### [INFORMATION GIVEN]
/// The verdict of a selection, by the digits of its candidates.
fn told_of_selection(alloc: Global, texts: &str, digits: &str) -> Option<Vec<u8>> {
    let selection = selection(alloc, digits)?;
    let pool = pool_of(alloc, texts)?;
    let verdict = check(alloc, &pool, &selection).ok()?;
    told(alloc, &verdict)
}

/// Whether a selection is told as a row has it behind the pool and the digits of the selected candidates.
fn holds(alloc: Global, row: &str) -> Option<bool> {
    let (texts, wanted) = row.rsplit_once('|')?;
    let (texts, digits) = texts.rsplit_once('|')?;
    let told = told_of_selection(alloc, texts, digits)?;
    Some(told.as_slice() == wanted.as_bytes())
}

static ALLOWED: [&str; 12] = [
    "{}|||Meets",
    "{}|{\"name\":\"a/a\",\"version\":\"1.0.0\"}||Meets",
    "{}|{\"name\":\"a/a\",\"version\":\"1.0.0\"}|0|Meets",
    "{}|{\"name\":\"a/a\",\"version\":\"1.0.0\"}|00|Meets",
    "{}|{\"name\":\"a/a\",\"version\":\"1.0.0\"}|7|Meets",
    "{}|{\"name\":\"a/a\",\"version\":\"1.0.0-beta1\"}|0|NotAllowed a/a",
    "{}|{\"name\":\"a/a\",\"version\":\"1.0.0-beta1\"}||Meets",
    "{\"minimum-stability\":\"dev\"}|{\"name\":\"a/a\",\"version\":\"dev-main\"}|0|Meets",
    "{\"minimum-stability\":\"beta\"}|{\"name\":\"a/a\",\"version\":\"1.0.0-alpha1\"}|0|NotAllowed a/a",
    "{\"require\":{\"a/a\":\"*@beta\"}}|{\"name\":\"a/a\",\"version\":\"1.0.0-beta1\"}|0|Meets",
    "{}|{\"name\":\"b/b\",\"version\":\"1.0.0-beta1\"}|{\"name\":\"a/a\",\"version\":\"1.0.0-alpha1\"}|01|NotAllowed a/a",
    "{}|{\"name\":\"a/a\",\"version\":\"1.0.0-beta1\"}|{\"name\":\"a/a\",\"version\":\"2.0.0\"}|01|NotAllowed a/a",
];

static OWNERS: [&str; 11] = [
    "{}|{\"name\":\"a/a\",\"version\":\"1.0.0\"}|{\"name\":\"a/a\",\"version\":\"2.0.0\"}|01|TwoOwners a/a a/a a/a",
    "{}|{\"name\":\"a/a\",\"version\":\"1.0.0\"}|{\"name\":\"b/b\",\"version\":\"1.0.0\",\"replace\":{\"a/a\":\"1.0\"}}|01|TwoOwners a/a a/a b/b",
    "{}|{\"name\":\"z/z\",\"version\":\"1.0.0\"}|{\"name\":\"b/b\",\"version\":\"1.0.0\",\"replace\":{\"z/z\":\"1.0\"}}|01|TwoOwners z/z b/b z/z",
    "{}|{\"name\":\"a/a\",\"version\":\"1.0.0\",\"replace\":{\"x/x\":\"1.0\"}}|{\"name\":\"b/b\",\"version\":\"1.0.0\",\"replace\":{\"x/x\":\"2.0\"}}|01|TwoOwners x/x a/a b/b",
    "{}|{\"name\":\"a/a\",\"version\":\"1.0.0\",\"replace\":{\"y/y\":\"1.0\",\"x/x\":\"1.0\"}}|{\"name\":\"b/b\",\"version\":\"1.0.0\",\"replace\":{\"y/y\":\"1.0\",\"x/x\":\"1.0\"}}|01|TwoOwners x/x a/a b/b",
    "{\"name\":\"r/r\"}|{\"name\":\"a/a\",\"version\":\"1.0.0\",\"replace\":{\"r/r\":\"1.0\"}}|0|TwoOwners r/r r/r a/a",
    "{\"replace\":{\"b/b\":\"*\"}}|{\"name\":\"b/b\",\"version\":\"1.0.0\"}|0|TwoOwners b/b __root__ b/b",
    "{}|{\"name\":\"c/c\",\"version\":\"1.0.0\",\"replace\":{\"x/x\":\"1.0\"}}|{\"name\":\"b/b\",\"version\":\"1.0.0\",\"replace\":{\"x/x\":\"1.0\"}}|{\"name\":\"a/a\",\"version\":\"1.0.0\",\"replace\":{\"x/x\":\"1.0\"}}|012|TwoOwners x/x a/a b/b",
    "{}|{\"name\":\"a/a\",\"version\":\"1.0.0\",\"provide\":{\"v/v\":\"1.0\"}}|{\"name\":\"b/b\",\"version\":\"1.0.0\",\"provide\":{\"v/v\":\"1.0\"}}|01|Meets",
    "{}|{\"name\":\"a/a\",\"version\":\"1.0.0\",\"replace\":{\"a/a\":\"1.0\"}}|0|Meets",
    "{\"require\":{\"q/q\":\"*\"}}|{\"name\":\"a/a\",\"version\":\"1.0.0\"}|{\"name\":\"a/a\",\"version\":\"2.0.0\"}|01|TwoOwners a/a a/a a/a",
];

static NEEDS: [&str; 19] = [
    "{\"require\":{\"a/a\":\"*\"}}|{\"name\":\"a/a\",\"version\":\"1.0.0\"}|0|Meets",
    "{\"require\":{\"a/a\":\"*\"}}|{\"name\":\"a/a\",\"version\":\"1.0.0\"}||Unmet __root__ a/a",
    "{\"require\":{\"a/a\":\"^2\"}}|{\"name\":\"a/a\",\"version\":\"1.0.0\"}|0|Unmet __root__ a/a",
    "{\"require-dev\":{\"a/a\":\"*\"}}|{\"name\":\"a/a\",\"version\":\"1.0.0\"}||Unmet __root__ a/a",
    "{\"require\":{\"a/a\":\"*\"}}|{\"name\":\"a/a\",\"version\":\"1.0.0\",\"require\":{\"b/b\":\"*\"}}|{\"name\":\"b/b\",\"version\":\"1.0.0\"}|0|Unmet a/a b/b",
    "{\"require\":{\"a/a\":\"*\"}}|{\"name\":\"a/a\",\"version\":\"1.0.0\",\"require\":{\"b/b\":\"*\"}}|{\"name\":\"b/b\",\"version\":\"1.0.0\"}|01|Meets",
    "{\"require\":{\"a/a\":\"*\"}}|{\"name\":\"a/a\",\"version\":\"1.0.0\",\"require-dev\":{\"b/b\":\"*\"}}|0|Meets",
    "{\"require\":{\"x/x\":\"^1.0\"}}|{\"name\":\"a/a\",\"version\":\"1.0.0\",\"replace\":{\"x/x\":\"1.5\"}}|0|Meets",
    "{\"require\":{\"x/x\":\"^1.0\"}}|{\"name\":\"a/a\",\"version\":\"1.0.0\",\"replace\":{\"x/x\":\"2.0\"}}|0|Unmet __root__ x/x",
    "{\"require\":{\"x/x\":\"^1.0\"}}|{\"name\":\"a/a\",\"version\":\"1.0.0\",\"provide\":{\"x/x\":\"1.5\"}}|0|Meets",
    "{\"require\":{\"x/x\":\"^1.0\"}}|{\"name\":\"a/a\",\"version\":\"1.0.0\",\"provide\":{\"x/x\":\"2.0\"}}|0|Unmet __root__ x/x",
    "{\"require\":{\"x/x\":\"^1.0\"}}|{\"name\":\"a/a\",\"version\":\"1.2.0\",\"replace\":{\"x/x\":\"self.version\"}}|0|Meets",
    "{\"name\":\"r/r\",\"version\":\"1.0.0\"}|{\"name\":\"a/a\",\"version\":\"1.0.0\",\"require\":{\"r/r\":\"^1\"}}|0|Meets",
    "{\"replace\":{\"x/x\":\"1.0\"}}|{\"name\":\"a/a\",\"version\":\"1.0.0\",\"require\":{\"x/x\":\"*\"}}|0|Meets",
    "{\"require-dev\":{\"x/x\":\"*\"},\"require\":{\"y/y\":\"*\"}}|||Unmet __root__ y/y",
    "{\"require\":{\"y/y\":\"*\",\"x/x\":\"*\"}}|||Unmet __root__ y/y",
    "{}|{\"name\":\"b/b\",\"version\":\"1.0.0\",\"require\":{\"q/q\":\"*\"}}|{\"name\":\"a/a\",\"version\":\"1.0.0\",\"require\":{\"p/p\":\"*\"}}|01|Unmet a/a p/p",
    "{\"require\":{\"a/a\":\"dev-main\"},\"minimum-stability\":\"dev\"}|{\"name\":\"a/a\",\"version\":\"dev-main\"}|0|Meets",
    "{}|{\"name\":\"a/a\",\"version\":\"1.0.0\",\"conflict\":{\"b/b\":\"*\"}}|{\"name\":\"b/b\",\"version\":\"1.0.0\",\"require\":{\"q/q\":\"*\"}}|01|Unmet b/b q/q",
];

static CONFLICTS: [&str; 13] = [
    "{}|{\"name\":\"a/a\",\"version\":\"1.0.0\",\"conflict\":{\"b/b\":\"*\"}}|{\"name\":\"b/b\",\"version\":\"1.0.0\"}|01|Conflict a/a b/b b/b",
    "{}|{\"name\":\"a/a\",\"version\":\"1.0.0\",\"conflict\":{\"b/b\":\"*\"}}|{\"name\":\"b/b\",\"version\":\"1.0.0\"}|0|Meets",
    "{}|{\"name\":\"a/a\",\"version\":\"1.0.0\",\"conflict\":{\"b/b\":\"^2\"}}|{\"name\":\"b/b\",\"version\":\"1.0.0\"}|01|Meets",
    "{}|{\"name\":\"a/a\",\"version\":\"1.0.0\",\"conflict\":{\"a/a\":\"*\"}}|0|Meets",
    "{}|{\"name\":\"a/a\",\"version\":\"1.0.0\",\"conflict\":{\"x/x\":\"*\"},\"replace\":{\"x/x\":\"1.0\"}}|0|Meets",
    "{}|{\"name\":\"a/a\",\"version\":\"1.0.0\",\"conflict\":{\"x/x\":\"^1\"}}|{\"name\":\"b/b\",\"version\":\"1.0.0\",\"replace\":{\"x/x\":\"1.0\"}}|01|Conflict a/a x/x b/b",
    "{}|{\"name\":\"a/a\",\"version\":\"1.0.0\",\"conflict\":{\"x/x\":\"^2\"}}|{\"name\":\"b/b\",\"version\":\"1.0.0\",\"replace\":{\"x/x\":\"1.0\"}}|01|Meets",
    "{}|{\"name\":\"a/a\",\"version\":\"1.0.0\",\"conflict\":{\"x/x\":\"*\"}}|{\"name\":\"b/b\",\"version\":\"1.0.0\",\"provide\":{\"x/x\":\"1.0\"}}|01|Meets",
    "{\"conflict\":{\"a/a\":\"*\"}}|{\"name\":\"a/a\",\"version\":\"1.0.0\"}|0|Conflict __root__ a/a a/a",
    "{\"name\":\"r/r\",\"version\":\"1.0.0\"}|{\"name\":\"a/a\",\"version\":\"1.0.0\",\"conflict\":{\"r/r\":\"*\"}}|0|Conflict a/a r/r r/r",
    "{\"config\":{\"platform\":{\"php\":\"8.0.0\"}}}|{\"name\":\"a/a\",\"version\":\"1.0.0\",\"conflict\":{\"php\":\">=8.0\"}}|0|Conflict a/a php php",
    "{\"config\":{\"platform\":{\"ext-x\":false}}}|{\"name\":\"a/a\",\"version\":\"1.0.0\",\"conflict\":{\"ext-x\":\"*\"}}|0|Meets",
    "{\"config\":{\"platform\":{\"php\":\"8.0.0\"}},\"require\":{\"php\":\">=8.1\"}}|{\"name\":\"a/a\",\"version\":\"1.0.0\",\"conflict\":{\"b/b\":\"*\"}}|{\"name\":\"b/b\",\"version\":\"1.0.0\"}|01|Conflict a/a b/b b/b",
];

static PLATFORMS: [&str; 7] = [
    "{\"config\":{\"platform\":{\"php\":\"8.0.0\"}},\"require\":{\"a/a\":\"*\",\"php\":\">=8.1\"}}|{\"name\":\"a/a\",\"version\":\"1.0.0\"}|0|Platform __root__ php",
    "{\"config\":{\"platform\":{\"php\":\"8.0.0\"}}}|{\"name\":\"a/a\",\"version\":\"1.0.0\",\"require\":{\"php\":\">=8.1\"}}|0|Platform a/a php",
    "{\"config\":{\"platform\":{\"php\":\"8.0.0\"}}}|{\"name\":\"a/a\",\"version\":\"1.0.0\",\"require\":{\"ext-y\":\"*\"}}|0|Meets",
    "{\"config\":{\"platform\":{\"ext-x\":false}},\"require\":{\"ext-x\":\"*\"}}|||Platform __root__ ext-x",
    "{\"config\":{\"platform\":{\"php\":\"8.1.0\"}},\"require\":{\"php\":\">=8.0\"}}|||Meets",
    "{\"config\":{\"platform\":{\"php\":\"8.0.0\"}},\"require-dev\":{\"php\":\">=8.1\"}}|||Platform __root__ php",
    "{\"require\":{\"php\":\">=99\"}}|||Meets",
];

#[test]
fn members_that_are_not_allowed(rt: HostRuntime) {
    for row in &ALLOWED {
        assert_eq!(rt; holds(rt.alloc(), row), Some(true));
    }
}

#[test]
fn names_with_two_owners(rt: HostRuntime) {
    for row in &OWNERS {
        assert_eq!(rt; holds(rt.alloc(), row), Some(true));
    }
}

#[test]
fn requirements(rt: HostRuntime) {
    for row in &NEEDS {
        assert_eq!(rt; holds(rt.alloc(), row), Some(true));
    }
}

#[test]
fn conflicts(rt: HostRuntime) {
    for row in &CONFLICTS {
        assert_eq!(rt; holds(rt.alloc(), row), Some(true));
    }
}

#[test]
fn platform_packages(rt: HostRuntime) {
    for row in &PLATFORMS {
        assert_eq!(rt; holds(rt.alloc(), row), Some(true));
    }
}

--

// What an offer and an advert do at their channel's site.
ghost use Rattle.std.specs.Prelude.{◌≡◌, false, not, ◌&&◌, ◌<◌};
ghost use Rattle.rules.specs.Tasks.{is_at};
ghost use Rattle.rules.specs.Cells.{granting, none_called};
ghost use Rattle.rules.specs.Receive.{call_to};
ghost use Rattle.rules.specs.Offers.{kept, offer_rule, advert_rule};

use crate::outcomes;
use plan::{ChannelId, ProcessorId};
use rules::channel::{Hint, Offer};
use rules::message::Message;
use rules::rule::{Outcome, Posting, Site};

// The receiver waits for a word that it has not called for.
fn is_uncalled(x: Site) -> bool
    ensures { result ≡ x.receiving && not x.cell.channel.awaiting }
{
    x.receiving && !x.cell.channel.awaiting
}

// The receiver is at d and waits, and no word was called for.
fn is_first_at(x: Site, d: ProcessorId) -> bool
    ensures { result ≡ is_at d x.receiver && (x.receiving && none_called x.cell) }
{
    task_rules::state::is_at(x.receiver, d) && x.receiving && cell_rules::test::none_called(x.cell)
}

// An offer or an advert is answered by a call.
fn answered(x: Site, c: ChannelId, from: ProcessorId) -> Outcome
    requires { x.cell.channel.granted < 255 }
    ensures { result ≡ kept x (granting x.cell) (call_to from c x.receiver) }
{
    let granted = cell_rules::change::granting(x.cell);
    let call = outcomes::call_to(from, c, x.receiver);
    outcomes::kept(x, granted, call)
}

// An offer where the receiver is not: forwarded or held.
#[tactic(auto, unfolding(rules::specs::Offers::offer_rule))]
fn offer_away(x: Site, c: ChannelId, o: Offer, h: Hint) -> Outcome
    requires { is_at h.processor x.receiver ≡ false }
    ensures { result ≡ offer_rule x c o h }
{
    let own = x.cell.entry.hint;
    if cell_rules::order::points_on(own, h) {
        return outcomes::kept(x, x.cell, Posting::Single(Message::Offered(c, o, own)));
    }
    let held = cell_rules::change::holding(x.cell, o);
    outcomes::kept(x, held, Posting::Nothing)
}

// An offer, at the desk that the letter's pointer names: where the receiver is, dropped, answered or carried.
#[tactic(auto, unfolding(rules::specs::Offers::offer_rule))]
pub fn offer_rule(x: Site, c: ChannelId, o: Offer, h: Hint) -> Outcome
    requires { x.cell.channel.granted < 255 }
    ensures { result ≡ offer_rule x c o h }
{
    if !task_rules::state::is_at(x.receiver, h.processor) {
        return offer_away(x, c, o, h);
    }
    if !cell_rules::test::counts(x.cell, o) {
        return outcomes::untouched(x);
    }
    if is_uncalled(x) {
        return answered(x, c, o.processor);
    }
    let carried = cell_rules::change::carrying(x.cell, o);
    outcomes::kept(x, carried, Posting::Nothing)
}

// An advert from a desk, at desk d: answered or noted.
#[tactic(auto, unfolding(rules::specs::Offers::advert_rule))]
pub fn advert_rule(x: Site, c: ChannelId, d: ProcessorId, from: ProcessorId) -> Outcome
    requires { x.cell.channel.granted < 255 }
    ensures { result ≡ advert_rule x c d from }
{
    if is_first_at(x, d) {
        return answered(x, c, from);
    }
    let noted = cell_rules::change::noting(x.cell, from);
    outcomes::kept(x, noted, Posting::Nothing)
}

...

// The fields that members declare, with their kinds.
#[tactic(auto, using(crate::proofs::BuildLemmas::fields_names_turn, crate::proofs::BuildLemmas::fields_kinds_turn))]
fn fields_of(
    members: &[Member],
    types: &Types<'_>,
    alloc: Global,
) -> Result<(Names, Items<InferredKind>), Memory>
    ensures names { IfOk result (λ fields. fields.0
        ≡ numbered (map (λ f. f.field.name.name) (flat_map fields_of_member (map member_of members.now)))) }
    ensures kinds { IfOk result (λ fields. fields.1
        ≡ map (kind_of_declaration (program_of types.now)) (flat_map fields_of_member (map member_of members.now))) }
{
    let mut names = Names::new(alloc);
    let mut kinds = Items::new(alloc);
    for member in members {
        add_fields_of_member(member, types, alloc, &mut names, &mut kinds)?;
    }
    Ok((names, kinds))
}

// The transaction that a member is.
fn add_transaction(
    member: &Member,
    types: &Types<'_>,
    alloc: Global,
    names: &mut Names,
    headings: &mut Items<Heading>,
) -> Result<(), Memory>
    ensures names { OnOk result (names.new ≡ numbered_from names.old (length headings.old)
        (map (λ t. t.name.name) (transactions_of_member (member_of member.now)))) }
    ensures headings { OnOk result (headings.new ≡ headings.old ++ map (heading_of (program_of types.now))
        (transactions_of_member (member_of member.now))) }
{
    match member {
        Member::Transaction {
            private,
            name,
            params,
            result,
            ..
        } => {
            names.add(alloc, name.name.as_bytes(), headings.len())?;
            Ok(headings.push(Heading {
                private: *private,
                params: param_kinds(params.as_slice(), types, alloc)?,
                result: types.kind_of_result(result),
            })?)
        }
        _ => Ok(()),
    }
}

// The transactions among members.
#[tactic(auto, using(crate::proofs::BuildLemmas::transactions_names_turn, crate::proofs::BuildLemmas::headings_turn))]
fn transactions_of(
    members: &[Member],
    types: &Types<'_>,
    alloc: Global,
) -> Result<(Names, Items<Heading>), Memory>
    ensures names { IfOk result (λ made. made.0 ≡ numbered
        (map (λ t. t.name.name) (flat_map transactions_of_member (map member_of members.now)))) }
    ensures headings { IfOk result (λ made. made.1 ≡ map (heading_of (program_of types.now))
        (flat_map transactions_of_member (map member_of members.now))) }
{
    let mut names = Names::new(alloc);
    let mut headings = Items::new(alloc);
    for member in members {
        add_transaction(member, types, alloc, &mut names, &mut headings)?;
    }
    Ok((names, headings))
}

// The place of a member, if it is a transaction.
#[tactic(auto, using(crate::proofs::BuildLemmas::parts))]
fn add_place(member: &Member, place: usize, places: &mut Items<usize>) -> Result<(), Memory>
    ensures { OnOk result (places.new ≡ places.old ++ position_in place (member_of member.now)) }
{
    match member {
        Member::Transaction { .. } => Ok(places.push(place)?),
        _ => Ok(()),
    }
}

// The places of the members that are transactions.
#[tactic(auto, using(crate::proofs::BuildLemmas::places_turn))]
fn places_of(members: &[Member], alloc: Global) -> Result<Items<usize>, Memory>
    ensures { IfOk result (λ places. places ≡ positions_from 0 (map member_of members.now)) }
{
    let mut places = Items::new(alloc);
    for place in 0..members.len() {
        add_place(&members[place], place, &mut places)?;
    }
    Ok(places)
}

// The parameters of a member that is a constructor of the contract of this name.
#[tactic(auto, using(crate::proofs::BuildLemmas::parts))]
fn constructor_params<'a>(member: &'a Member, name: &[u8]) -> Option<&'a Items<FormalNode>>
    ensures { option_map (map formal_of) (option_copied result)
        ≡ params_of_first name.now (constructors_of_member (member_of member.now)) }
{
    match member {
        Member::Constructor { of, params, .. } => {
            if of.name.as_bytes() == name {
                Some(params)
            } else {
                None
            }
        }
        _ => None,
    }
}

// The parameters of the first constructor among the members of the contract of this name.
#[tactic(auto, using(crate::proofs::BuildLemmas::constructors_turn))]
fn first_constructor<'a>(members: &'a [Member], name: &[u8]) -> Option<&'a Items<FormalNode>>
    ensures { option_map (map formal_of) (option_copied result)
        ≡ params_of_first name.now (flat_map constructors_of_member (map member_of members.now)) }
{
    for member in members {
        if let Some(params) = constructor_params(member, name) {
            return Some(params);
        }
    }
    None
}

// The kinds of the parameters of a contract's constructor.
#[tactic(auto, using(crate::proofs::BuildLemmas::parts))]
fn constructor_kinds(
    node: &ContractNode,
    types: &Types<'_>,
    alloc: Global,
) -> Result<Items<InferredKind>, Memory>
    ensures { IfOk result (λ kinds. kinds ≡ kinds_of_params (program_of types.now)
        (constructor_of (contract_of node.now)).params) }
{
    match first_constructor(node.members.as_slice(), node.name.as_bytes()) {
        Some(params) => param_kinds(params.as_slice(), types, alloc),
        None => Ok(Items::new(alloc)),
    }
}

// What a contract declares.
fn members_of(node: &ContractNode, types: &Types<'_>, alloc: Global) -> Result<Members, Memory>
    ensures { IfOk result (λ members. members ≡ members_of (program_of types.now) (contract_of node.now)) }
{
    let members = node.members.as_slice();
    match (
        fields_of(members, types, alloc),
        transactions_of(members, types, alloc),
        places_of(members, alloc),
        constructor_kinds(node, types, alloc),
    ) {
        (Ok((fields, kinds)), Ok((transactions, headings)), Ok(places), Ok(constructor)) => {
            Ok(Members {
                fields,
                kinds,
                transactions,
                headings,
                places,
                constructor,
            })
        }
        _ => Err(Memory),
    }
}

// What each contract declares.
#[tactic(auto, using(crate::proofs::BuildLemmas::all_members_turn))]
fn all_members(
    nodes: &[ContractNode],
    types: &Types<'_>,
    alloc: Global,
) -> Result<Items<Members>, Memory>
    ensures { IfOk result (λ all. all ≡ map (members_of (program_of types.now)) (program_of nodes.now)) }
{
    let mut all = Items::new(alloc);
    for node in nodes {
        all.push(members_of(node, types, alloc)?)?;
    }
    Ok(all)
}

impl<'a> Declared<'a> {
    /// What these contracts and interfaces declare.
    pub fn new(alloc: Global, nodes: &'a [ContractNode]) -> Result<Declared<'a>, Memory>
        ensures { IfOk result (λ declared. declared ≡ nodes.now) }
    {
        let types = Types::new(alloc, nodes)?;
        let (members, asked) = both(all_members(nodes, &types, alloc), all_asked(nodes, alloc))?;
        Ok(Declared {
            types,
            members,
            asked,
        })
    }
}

### [WORK TO COMPLETE]
The response must consist solely of the number of lines in the listing above that contain "PLATFORMS".

### [ANSWER TO THIS TASK]
2